= Required work =
Tally the lines in the entries below where the string "killed" occurs. Reply with the total alone.

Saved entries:
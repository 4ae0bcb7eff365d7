//! The ends of waits, cell by cell of their table: by a handler with and without SA_RESTART, and by a stop and SIGCONT without one.
//!
//! Each trace tells how the wait ends: `restart` with the number that comes again, or `done` with the result. The clock jumps to the
//! signal's time in a turn of its own, and so it does while the process is stopped. A handler returns in its fourth turn.
use session_scripts::first_wrong;
use std::test::Fail;

/// Reads of an empty pipe and writes to a full one, with no byte done. A handler ends them with EINTR, 4, where it has no
/// SA_RESTART; else, and behind a stop, they are carried out again, and nothing comes any more. read(2) under a handler is in `waits`.
const TRANSFERS: &str = r"
    addiu $v0 $zero pipe; syscall
    addiu $a0 $zero 3; addiu $a1 $sp 0xFFF0; addiu $a2 $zero 4; addiu $v0 $zero read; syscall
    file t at 1000000 kill 23\nat 2000000 kill 25\n
    trace 2 call 4042 00000000 00000000 00000000 00000000 = 00000003 0
    trace 7 wait 4003 00000003 7ffeff30 00000004 00000000
    trace 9 post 23
    trace 9 signal 23 stop
    trace 10 post 25
    trace 10 cont
    trace 10 restart 4003
    trace 10 wait 4003 00000003 7ffeff30 00000004 00000000
    trace 10 blocked
    o32run run --schedule t --trace trace p = blocked 123 10

    beq $zero $zero 3; nop
    jr $ra; nop
    lui $t0 0x1000; sw $t0 0xFFC0 $sp
    lui $t0 0x40; ori $t0 $t0 8; sw $t0 0xFFC4 $sp
    addiu $a0 $zero 16; addiu $a1 $sp 0xFFC0; addiu $a2 $zero 0; addiu $a3 $zero 16; addiu $v0 $zero rt_sigaction; syscall
    addiu $v0 $zero pipe; syscall
    addiu $t0 $sp 0xFFF0; sw $t0 0xFFE0 $sp; addiu $t0 $zero 4; sw $t0 0xFFE4 $sp
    addiu $a0 $zero 3; addiu $a1 $sp 0xFFE0; addiu $a2 $zero 1; addiu $v0 $zero readv; syscall
    file t at 1000000 kill 16\n
    trace 13 call 4194 00000010 7ffeff00 00000000 00000010 = 00000000 0
    trace 15 call 4042 00000010 7ffeff00 00000000 00000000 = 00000003 0
    trace 24 wait 4145 00000003 7ffeff20 00000001 00000000
    trace 26 post 16
    trace 26 restart 4145
    trace 26 signal 16 handler
    trace 29 return
    trace 30 wait 4145 00000003 7ffeff20 00000001 00000000
    trace 30 blocked
    o32run run --schedule t --trace trace p = blocked 123 30

    beq $zero $zero 3; nop
    jr $ra; nop
    lui $t0 0x40; ori $t0 $t0 8; sw $t0 0xFFC4 $sp
    addiu $a0 $zero 16; addiu $a1 $sp 0xFFC0; addiu $a2 $zero 0; addiu $a3 $zero 16; addiu $v0 $zero rt_sigaction; syscall
    addiu $v0 $zero pipe; syscall
    addiu $t0 $sp 0xFFF0; sw $t0 0xFFE0 $sp; addiu $t0 $zero 4; sw $t0 0xFFE4 $sp
    addiu $a0 $zero 3; addiu $a1 $sp 0xFFE0; addiu $a2 $zero 1; addiu $v0 $zero readv; syscall
    addiu $v0 $zero exit; syscall
    file t at 1000000 kill 16\n
    trace 11 call 4194 00000010 7ffeff00 00000000 00000010 = 00000000 0
    trace 13 call 4042 00000010 7ffeff00 00000000 00000000 = 00000003 0
    trace 22 wait 4145 00000003 7ffeff20 00000001 00000000
    trace 24 post 16
    trace 24 done 00000004 1
    trace 24 signal 16 handler
    trace 27 return
    trace 29 exit 3
    o32run run --schedule t --trace trace p = exited 3 3 29

    addiu $v0 $zero pipe; syscall
    addiu $t0 $sp 0xFFF0; sw $t0 0xFFE0 $sp; addiu $t0 $zero 4; sw $t0 0xFFE4 $sp
    addiu $a0 $zero 3; addiu $a1 $sp 0xFFE0; addiu $a2 $zero 1; addiu $v0 $zero readv; syscall
    file t at 1000000 kill 23\nat 2000000 kill 25\n
    trace 2 call 4042 00000000 00000000 00000000 00000000 = 00000003 0
    trace 11 wait 4145 00000003 7ffeff20 00000001 00000000
    trace 13 post 23
    trace 13 signal 23 stop
    trace 14 post 25
    trace 14 cont
    trace 14 restart 4145
    trace 14 wait 4145 00000003 7ffeff20 00000001 00000000
    trace 14 blocked
    o32run run --schedule t --trace trace p = blocked 123 14

    beq $zero $zero 3; nop
    jr $ra; nop
    lui $t0 0x1000; sw $t0 0xFFC0 $sp
    lui $t0 0x40; ori $t0 $t0 8; sw $t0 0xFFC4 $sp
    addiu $a0 $zero 16; addiu $a1 $sp 0xFFC0; addiu $a2 $zero 0; addiu $a3 $zero 16; addiu $v0 $zero rt_sigaction; syscall
    addiu $v0 $zero pipe; syscall
    addiu $a0 $zero 4; lui $a1 0x7F80; lui $a2 1; addiu $v0 $zero write; syscall
    addiu $a0 $zero 4; addiu $a2 $zero 1; addiu $v0 $zero write; syscall
    file t at 1000000 kill 16\n
    trace 13 call 4194 00000010 7ffeff00 00000000 00000010 = 00000000 0
    trace 15 call 4042 00000010 7ffeff00 00000000 00000000 = 00000003 0
    trace 20 call 4004 00000004 7f800000 00010000 00000000 = 00010000 0
    trace 24 wait 4004 00000004 7f800000 00000001 00000000
    trace 26 post 16
    trace 26 restart 4004
    trace 26 signal 16 handler
    trace 29 return
    trace 30 wait 4004 00000004 7f800000 00000001 00000000
    trace 30 blocked
    o32run run --schedule t --trace trace p = blocked 123 30

    beq $zero $zero 3; nop
    jr $ra; nop
    lui $t0 0x40; ori $t0 $t0 8; sw $t0 0xFFC4 $sp
    addiu $a0 $zero 16; addiu $a1 $sp 0xFFC0; addiu $a2 $zero 0; addiu $a3 $zero 16; addiu $v0 $zero rt_sigaction; syscall
    addiu $v0 $zero pipe; syscall
    addiu $a0 $zero 4; lui $a1 0x7F80; lui $a2 1; addiu $v0 $zero write; syscall
    addiu $a0 $zero 4; addiu $a2 $zero 1; addiu $v0 $zero write; syscall
    addiu $v0 $zero exit; syscall
    file t at 1000000 kill 16\n
    trace 11 call 4194 00000010 7ffeff00 00000000 00000010 = 00000000 0
    trace 13 call 4042 00000010 7ffeff00 00000000 00000000 = 00000003 0
    trace 18 call 4004 00000004 7f800000 00010000 00000000 = 00010000 0
    trace 22 wait 4004 00000004 7f800000 00000001 00000000
    trace 24 post 16
    trace 24 done 00000004 1
    trace 24 signal 16 handler
    trace 27 return
    trace 29 exit 4
    o32run run --schedule t --trace trace p = exited 4 4 29

    addiu $v0 $zero pipe; syscall
    addiu $a0 $zero 4; lui $a1 0x7F80; lui $a2 1; addiu $v0 $zero write; syscall
    addiu $a0 $zero 4; addiu $a2 $zero 1; addiu $v0 $zero write; syscall
    file t at 1000000 kill 23\nat 2000000 kill 25\n
    trace 2 call 4042 00000000 00000000 00000000 00000000 = 00000003 0
    trace 7 call 4004 00000004 7f800000 00010000 00000000 = 00010000 0
    trace 11 wait 4004 00000004 7f800000 00000001 00000000
    trace 13 post 23
    trace 13 signal 23 stop
    trace 14 post 25
    trace 14 cont
    trace 14 restart 4004
    trace 14 wait 4004 00000004 7f800000 00000001 00000000
    trace 14 blocked
    o32run run --schedule t --trace trace p = blocked 123 14

    beq $zero $zero 3; nop
    jr $ra; nop
    lui $t0 0x1000; sw $t0 0xFFC0 $sp
    lui $t0 0x40; ori $t0 $t0 8; sw $t0 0xFFC4 $sp
    addiu $a0 $zero 16; addiu $a1 $sp 0xFFC0; addiu $a2 $zero 0; addiu $a3 $zero 16; addiu $v0 $zero rt_sigaction; syscall
    addiu $v0 $zero pipe; syscall
    addiu $a0 $zero 4; lui $a1 0x7F80; lui $a2 1; addiu $v0 $zero write; syscall
    addiu $t0 $sp 0xFFF0; sw $t0 0xFFE0 $sp; addiu $t0 $zero 4; sw $t0 0xFFE4 $sp
    addiu $a0 $zero 4; addiu $a1 $sp 0xFFE0; addiu $a2 $zero 1; addiu $v0 $zero writev; syscall
    file t at 1000000 kill 16\n
    trace 13 call 4194 00000010 7ffeff00 00000000 00000010 = 00000000 0
    trace 15 call 4042 00000010 7ffeff00 00000000 00000000 = 00000003 0
    trace 20 call 4004 00000004 7f800000 00010000 00000000 = 00010000 0
    trace 29 wait 4146 00000004 7ffeff20 00000001 00000000
    trace 31 post 16
    trace 31 restart 4146
    trace 31 signal 16 handler
    trace 34 return
    trace 35 wait 4146 00000004 7ffeff20 00000001 00000000
    trace 35 blocked
    o32run run --schedule t --trace trace p = blocked 123 35

    beq $zero $zero 3; nop
    jr $ra; nop
    lui $t0 0x40; ori $t0 $t0 8; sw $t0 0xFFC4 $sp
    addiu $a0 $zero 16; addiu $a1 $sp 0xFFC0; addiu $a2 $zero 0; addiu $a3 $zero 16; addiu $v0 $zero rt_sigaction; syscall
    addiu $v0 $zero pipe; syscall
    addiu $a0 $zero 4; lui $a1 0x7F80; lui $a2 1; addiu $v0 $zero write; syscall
    addiu $t0 $sp 0xFFF0; sw $t0 0xFFE0 $sp; addiu $t0 $zero 4; sw $t0 0xFFE4 $sp
    addiu $a0 $zero 4; addiu $a1 $sp 0xFFE0; addiu $a2 $zero 1; addiu $v0 $zero writev; syscall
    addiu $v0 $zero exit; syscall
    file t at 1000000 kill 16\n
    trace 11 call 4194 00000010 7ffeff00 00000000 00000010 = 00000000 0
    trace 13 call 4042 00000010 7ffeff00 00000000 00000000 = 00000003 0
    trace 18 call 4004 00000004 7f800000 00010000 00000000 = 00010000 0
    trace 27 wait 4146 00000004 7ffeff20 00000001 00000000
    trace 29 post 16
    trace 29 done 00000004 1
    trace 29 signal 16 handler
    trace 32 return
    trace 34 exit 4
    o32run run --schedule t --trace trace p = exited 4 4 34

    addiu $v0 $zero pipe; syscall
    addiu $a0 $zero 4; lui $a1 0x7F80; lui $a2 1; addiu $v0 $zero write; syscall
    addiu $t0 $sp 0xFFF0; sw $t0 0xFFE0 $sp; addiu $t0 $zero 4; sw $t0 0xFFE4 $sp
    addiu $a0 $zero 4; addiu $a1 $sp 0xFFE0; addiu $a2 $zero 1; addiu $v0 $zero writev; syscall
    file t at 1000000 kill 23\nat 2000000 kill 25\n
    trace 2 call 4042 00000000 00000000 00000000 00000000 = 00000003 0
    trace 7 call 4004 00000004 7f800000 00010000 00000000 = 00010000 0
    trace 16 wait 4146 00000004 7ffeff20 00000001 00000000
    trace 18 post 23
    trace 18 signal 23 stop
    trace 19 post 25
    trace 19 cont
    trace 19 restart 4146
    trace 19 wait 4146 00000004 7ffeff20 00000001 00000000
    trace 19 blocked
    o32run run --schedule t --trace trace p = blocked 123 19
";
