//! rt_sigtimedwait(2): which signal it accepts, what it tells, and how its waits end.
use session_scripts::first_wrong;
use std::test::Fail;

/// SIGALRM, 14, and SIGUSR1, 16, pend, the second sent first; then SIGPIPE, 13, and SIGSYS, 12, whose native number, 31, is the higher one.
/// The lowest is accepted, and after it the other.
const PENDING: &str = r"
    ori $t0 $zero 0xA000; sw $t0 0xFFC0 $sp
    addiu $a0 $zero 1; addiu $a1 $sp 0xFFC0; addiu $a2 $zero 0; addiu $a3 $zero 16; addiu $v0 $zero rt_sigprocmask; syscall
    addiu $a0 $zero 100; addiu $a1 $zero 16; addiu $v0 $zero kill; syscall
    addiu $a1 $zero 14; addiu $v0 $zero kill; syscall
    addiu $a0 $sp 0xFFC0; addiu $a1 $zero 0; addiu $a2 $zero 0; addiu $a3 $zero 16; addiu $v0 $zero rt_sigtimedwait; syscall
    addiu $a0 $v0 0; addiu $v0 $zero exit; syscall
    o32run run p = exited 14 14 24

    addiu $t0 $zero 0x1800; sw $t0 0xFFC0 $sp
    addiu $a0 $zero 1; addiu $a1 $sp 0xFFC0; addiu $a2 $zero 0; addiu $a3 $zero 16; addiu $v0 $zero rt_sigprocmask; syscall
    addiu $a0 $zero 100; addiu $a1 $zero 13; addiu $v0 $zero kill; syscall
    addiu $a1 $zero 12; addiu $v0 $zero kill; syscall
    addiu $a0 $sp 0xFFC0; addiu $a1 $zero 0; addiu $a2 $zero 0; addiu $a3 $zero 16; addiu $v0 $zero rt_sigtimedwait; syscall
    addiu $a3 $zero 16; addiu $v0 $zero rt_sigtimedwait; syscall
    addiu $a0 $v0 0; addiu $v0 $zero exit; syscall
    trace 8 call 4195 00000001 7ffeff00 00000000 00000010 = 00000000 0
    trace 12 call 4037 00000064 0000000d 00000000 00000000 = 00000000 0
    trace 15 call 4037 00000064 0000000c 00000000 00000000 = 00000000 0
    trace 21 call 4197 7ffeff00 00000000 00000000 00000010 = 0000000c 0
    trace 24 call 4197 7ffeff00 00000000 00000000 00000010 = 0000000d 0
    trace 27 exit 13
    o32run run --trace trace p = exited 13 13 27
";

/// EINVAL is 22, EFAULT 14, EAGAIN 11: another size than 16, before the set is read; no set and no time there; 1,000,000,000 nanoseconds, and
/// seconds and nanoseconds below 0; and nothing pends, by a time of 0 and of 999,999,999 nanoseconds. A time that is none is refused though
/// a signal pends, which stays. Where what is known of a signal can't be stored it is gone.
const REFUSED: &str = r"
    lui $a0 0x50; addiu $a1 $zero 0; addiu $a2 $zero 0; addiu $a3 $zero 8; addiu $v0 $zero rt_sigtimedwait; syscall
    addiu $a0 $v0 0; addiu $v0 $zero exit; syscall
    o32run run p = exited 22 22 9

    lui $a0 0x50; addiu $a1 $zero 0; addiu $a2 $zero 0; addiu $a3 $zero 16; addiu $v0 $zero rt_sigtimedwait; syscall
    addiu $a0 $v0 0; addiu $v0 $zero exit; syscall
    o32run run p = exited 14 14 9

    addiu $a0 $sp 0xFFC0; addiu $a1 $zero 0; lui $a2 0x50; addiu $a3 $zero 16; addiu $v0 $zero rt_sigtimedwait; syscall
    addiu $a0 $v0 0; addiu $v0 $zero exit; syscall
    o32run run p = exited 14 14 9

    lui $t0 0x3B9A; ori $t0 $t0 0xCA00; sw $t0 0xFFE4 $sp
    addiu $a0 $sp 0xFFC0; addiu $a1 $zero 0; addiu $a2 $sp 0xFFE0; addiu $a3 $zero 16; addiu $v0 $zero rt_sigtimedwait; syscall
    addiu $a0 $v0 0; addiu $v0 $zero exit; syscall
    o32run run p = exited 22 22 12

    lui $t0 0x3B9A; ori $t0 $t0 0xC9FF; sw $t0 0xFFE4 $sp
    addiu $a0 $sp 0xFFC0; addiu $a1 $zero 0; addiu $a2 $sp 0xFFE0; addiu $a3 $zero 16; addiu $v0 $zero rt_sigtimedwait; syscall
    addiu $a0 $v0 0; addiu $v0 $zero exit; syscall
    trace 9 wait 4197 7ffeff00 00000000 7ffeff20 00000010
    trace 11 done 0000000b 1
    trace 13 exit 11
    o32run run --trace trace p = exited 11 11 13

    addiu $t0 $zero 0xFFFF; sw $t0 0xFFE0 $sp
    addiu $a0 $sp 0xFFC0; addiu $a1 $zero 0; addiu $a2 $sp 0xFFE0; addiu $a3 $zero 16; addiu $v0 $zero rt_sigtimedwait; syscall
    addiu $a0 $v0 0; addiu $v0 $zero exit; syscall
    o32run run p = exited 22 22 11

    addiu $t0 $zero 0xFFFF; sw $t0 0xFFE4 $sp
    addiu $a0 $sp 0xFFC0; addiu $a1 $zero 0; addiu $a2 $sp 0xFFE0; addiu $a3 $zero 16; addiu $v0 $zero rt_sigtimedwait; syscall
    addiu $a0 $v0 0; addiu $v0 $zero exit; syscall
    o32run run p = exited 22 22 11

    addiu $a0 $sp 0xFFC0; addiu $a1 $zero 0; addiu $a2 $sp 0xFFE0; addiu $a3 $zero 16; addiu $v0 $zero rt_sigtimedwait; syscall
    addiu $a0 $v0 0; addiu $v0 $zero exit; syscall
    o32run run p = exited 11 11 9

    ori $t0 $zero 0x8000; sw $t0 0xFFC0 $sp; lui $t0 0x8000; sw $t0 0xFFE0 $sp
    addiu $a0 $zero 1; addiu $a1 $sp 0xFFC0; addiu $a2 $zero 0; addiu $a3 $zero 16; addiu $v0 $zero rt_sigprocmask; syscall
    addiu $a0 $zero 100; addiu $a1 $zero 16; addiu $v0 $zero kill; syscall
    addiu $a0 $sp 0xFFC0; addiu $a1 $zero 0; addiu $a2 $sp 0xFFE0; addiu $a3 $zero 16; addiu $v0 $zero rt_sigtimedwait; syscall
    addiu $a2 $zero 0; addiu $a3 $zero 16; addiu $v0 $zero rt_sigtimedwait; syscall
    addiu $a0 $v0 0; addiu $v0 $zero exit; syscall
    trace 10 call 4195 00000001 7ffeff00 00000000 00000010 = 00000000 0
    trace 14 call 4037 00000064 00000010 00000000 00000000 = 00000000 0
    trace 20 call 4197 7ffeff00 00000000 7ffeff20 00000010 = 00000016 1
    trace 24 call 4197 7ffeff00 00000000 00000000 00000010 = 00000010 0
    trace 27 exit 16
    o32run run --trace trace p = exited 16 16 27

    ori $t0 $zero 0x8000; sw $t0 0xFFC0 $sp
    addiu $a0 $zero 1; addiu $a1 $sp 0xFFC0; addiu $a2 $zero 0; addiu $a3 $zero 16; addiu $v0 $zero rt_sigprocmask; syscall
    addiu $a0 $zero 100; addiu $a1 $zero 16; addiu $v0 $zero kill; syscall
    addiu $a0 $sp 0xFFC0; lui $a1 0x50; addiu $a2 $sp 0xFFE0; addiu $a3 $zero 16; addiu $v0 $zero rt_sigtimedwait; syscall
    addiu $a3 $zero 16; addiu $v0 $zero rt_sigtimedwait; syscall
    addiu $a0 $v0 0; addiu $v0 $zero exit; syscall
    trace 8 call 4195 00000001 7ffeff00 00000000 00000010 = 00000000 0
    trace 12 call 4037 00000064 00000010 00000000 00000000 = 00000000 0
    trace 18 call 4197 7ffeff00 00500000 7ffeff20 00000010 = 0000000e 1
    trace 21 call 4197 7ffeff00 00500000 7ffeff20 00000010 = 0000000b 1
    trace 24 exit 11
    o32run run --trace trace p = exited 11 11 24
";

/// Signals come while the call waits: the real-time one 34 with the value 5, of which 128 bytes are told, here their first 32; SIGALRM of a
/// timer, ignored and not blocked; SIGCONT, 25, which by default does nothing; SIGUSR1, 16, which has a handler, but is accepted before it is
/// delivered.
const COMES: &str = r"
    addiu $t0 $zero 2; sw $t0 0xFFC4 $sp
    addiu $a0 $zero 1; addiu $a1 $sp 0xFFC0; addiu $a2 $zero 0; addiu $a3 $zero 16; addiu $v0 $zero rt_sigprocmask; syscall
    addiu $a0 $sp 0xFFC0; addiu $a1 $sp 0xFF00; addiu $a2 $zero 0; addiu $a3 $zero 16; addiu $v0 $zero rt_sigtimedwait; syscall
    addiu $a0 $zero 1; addiu $a1 $sp 0xFF00; addiu $a2 $zero 32; addiu $v0 $zero write; syscall
    addiu $a0 $zero 0; addiu $v0 $zero exit; syscall
    file t at 1000000 queue 34 5\n
    out \0\0\0\x22\xFF\xFF\xFF\xFF\0\0\0\0\0\0\0\x01\0\0\0\0\0\0\0\x05\0\0\0\0\0\0\0\0
    trace 8 call 4195 00000001 7ffeff00 00000000 00000010 = 00000000 0
    trace 14 wait 4197 7ffeff00 7ffefe40 00000000 00000010
    trace 16 post 34
    trace 16 done 00000022 0
    trace 20 call 4004 00000001 7ffefe40 00000020 00000000 = 00000020 0
    trace 23 exit 0
    o32run run --schedule t --trace trace p = exited 0 0 23

    addiu $t0 $zero 1; sw $t0 0xFFC4 $sp
    addiu $a0 $zero 14; addiu $a1 $sp 0xFFC0; addiu $a2 $zero 0; addiu $a3 $zero 16; addiu $v0 $zero rt_sigaction; syscall
    addiu $t0 $zero 1000; sw $t0 0xFFEC $sp
    addiu $a0 $zero 0; addiu $a1 $sp 0xFFE0; addiu $a2 $zero 0; addiu $v0 $zero setitimer; syscall
    addiu $t0 $zero 0x2000; sw $t0 0xFF80 $sp
    addiu $a0 $sp 0xFF80; addiu $a1 $zero 0; addiu $a2 $zero 0; addiu $a3 $zero 16; addiu $v0 $zero rt_sigtimedwait; syscall
    addiu $a0 $v0 0; addiu $v0 $zero exit; syscall
    trace 8 call 4194 0000000e 7ffeff00 00000000 00000010 = 00000000 0
    trace 15 call 4104 00000000 7ffeff20 00000000 00000000 = 00000000 0
    trace 23 wait 4197 7ffefec0 00000000 00000000 00000010
    trace 25 post 14
    trace 25 done 0000000e 0
    trace 27 exit 14
    o32run run --trace trace p = exited 14 14 27

    lui $t0 0x100; sw $t0 0xFFC0 $sp
    addiu $a0 $sp 0xFFC0; addiu $a1 $zero 0; addiu $a2 $zero 0; addiu $a3 $zero 16; addiu $v0 $zero rt_sigtimedwait; syscall
    addiu $a0 $v0 0; addiu $v0 $zero exit; syscall
    file t at 1000000 kill 18\nat 2000000 kill 25\n
    trace 8 wait 4197 7ffeff00 00000000 00000000 00000010
    trace 10 post 18
    trace 11 post 25
    trace 11 done 00000019 0
    trace 13 exit 25
    o32run run --schedule t --trace trace p = exited 25 25 13

    beq $zero $zero 3; nop
    jr $ra; nop
    lui $t0 0x40; ori $t0 $t0 8; sw $t0 0xFFC4 $sp
    addiu $a0 $zero 16; addiu $a1 $sp 0xFFC0; addiu $a2 $zero 0; addiu $a3 $zero 16; addiu $v0 $zero rt_sigaction; syscall
    ori $t0 $zero 0x8000; sw $t0 0xFF80 $sp
    addiu $a0 $sp 0xFF80; addiu $a1 $zero 0; addiu $a2 $zero 0; addiu $a3 $zero 16; addiu $v0 $zero rt_sigtimedwait; syscall
    addiu $a0 $v0 0; addiu $v0 $zero exit; syscall
    file t at 1000000 kill 16\n
    trace 11 call 4194 00000010 7ffeff00 00000000 00000010 = 00000000 0
    trace 19 wait 4197 7ffefec0 00000000 00000000 00000010
    trace 21 post 16
    trace 21 done 00000010 0
    trace 23 exit 16
    o32run run --schedule t --trace trace p = exited 16 16 23
";

/// Ends with EINTR, 4: by the handler of a signal that is not waited for, with and without SA_RESTART, and by a stop and SIGCONT, where the
/// set has SIGSTOP, 23, in vain. What is ignored is dropped while a stop interrupts the wait. SIGKILL kills, though the set has it.
const ENDS: &str = r"
    beq $zero $zero 3; nop
    jr $ra; nop
    lui $t0 0x1000; sw $t0 0xFFC0 $sp
    lui $t0 0x40; ori $t0 $t0 8; sw $t0 0xFFC4 $sp
    addiu $a0 $zero 16; addiu $a1 $sp 0xFFC0; addiu $a2 $zero 0; addiu $a3 $zero 16; addiu $v0 $zero rt_sigaction; syscall
    addiu $t0 $zero 0x2000; sw $t0 0xFF80 $sp
    addiu $a0 $sp 0xFF80; addiu $a1 $zero 0; addiu $a2 $zero 0; addiu $a3 $zero 16; addiu $v0 $zero rt_sigtimedwait; syscall
    addiu $a0 $v0 0; addiu $v0 $zero exit; syscall
    file t at 1000000 kill 16\n
    trace 13 call 4194 00000010 7ffeff00 00000000 00000010 = 00000000 0
    trace 21 wait 4197 7ffefec0 00000000 00000000 00000010
    trace 23 post 16
    trace 23 done 00000004 1
    trace 23 signal 16 handler
    trace 26 return
    trace 29 exit 4
    o32run run --schedule t --trace trace p = exited 4 4 29

    beq $zero $zero 3; nop
    jr $ra; nop
    lui $t0 0x40; ori $t0 $t0 8; sw $t0 0xFFC4 $sp
    addiu $a0 $zero 16; addiu $a1 $sp 0xFFC0; addiu $a2 $zero 0; addiu $a3 $zero 16; addiu $v0 $zero rt_sigaction; syscall
    addiu $t0 $zero 0x2000; sw $t0 0xFF80 $sp
    addiu $a0 $sp 0xFF80; addiu $a1 $zero 0; addiu $a2 $zero 0; addiu $a3 $zero 16; addiu $v0 $zero rt_sigtimedwait; syscall
    addiu $a0 $v0 0; addiu $v0 $zero exit; syscall
    file t at 1000000 kill 16\n
    trace 11 call 4194 00000010 7ffeff00 00000000 00000010 = 00000000 0
    trace 19 wait 4197 7ffefec0 00000000 00000000 00000010
    trace 21 post 16
    trace 21 done 00000004 1
    trace 21 signal 16 handler
    trace 24 return
    trace 27 exit 4
    o32run run --schedule t --trace trace p = exited 4 4 27

    lui $t0 0x40; sw $t0 0xFFC0 $sp
    addiu $a0 $sp 0xFFC0; addiu $a1 $zero 0; addiu $a2 $zero 0; addiu $a3 $zero 16; addiu $v0 $zero rt_sigtimedwait; syscall
    addiu $a0 $v0 0; addiu $v0 $zero exit; syscall
    file t at 1000000 kill 23\nat 2000000 kill 25\n
    trace 8 wait 4197 7ffeff00 00000000 00000000 00000010
    trace 10 post 23
    trace 10 signal 23 stop
    trace 11 post 25
    trace 11 cont
    trace 11 done 00000004 1
    trace 13 exit 4
    o32run run --schedule t --trace trace p = exited 4 4 13

    addiu $t0 $zero 1; sw $t0 0xFFC4 $sp
    addiu $a0 $zero 16; addiu $a1 $sp 0xFFC0; addiu $a2 $zero 0; addiu $a3 $zero 16; addiu $v0 $zero rt_sigaction; syscall
    ori $t0 $zero 0x8000; sw $t0 0xFF80 $sp
    addiu $a0 $sp 0xFF80; addiu $a1 $zero 0; addiu $a2 $zero 0; addiu $a3 $zero 16; addiu $v0 $zero rt_sigtimedwait; syscall
    addiu $a0 $v0 0; addiu $v0 $zero exit; syscall
    file t at 1000000 kill 23\nat 2000000 kill 16\nat 3000000 kill 25\n
    trace 8 call 4194 00000010 7ffeff00 00000000 00000010 = 00000000 0
    trace 16 wait 4197 7ffefec0 00000000 00000000 00000010
    trace 18 post 23
    trace 18 signal 23 stop
    trace 19 post 16
    trace 20 post 25
    trace 20 cont
    trace 20 done 00000004 1
    trace 22 exit 4
    o32run run --schedule t --trace trace p = exited 4 4 22

    addiu $t0 $zero 0xFFFF; sw $t0 0xFFC0 $sp
    addiu $a0 $sp 0xFFC0; addiu $a1 $zero 0; addiu $a2 $zero 0; addiu $a3 $zero 16; addiu $v0 $zero rt_sigtimedwait; syscall
    file t at 1000000 kill 9\n
    trace 8 wait 4197 7ffeff00 00000000 00000000 00000010
    trace 10 post 9
    trace 10 killed 9
    o32run run --schedule t --trace trace p = killed 9 137 10
";

#[test]
fn pending(rt: HostRuntime) -> Result<(), Fail> {
    assert_eq!(rt; first_wrong(rt.alloc(), "", PENDING)?, None);
    assert_eq!(rt; first_wrong(rt.alloc(), "", REFUSED)?, None);
    Ok(())
}

#[test]
fn awaited(rt: HostRuntime) -> Result<(), Fail> {
    assert_eq!(rt; first_wrong(rt.alloc(), "", COMES)?, None);
    assert_eq!(rt; first_wrong(rt.alloc(), "", ENDS)?, None);
    Ok(())
}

= Answer =
2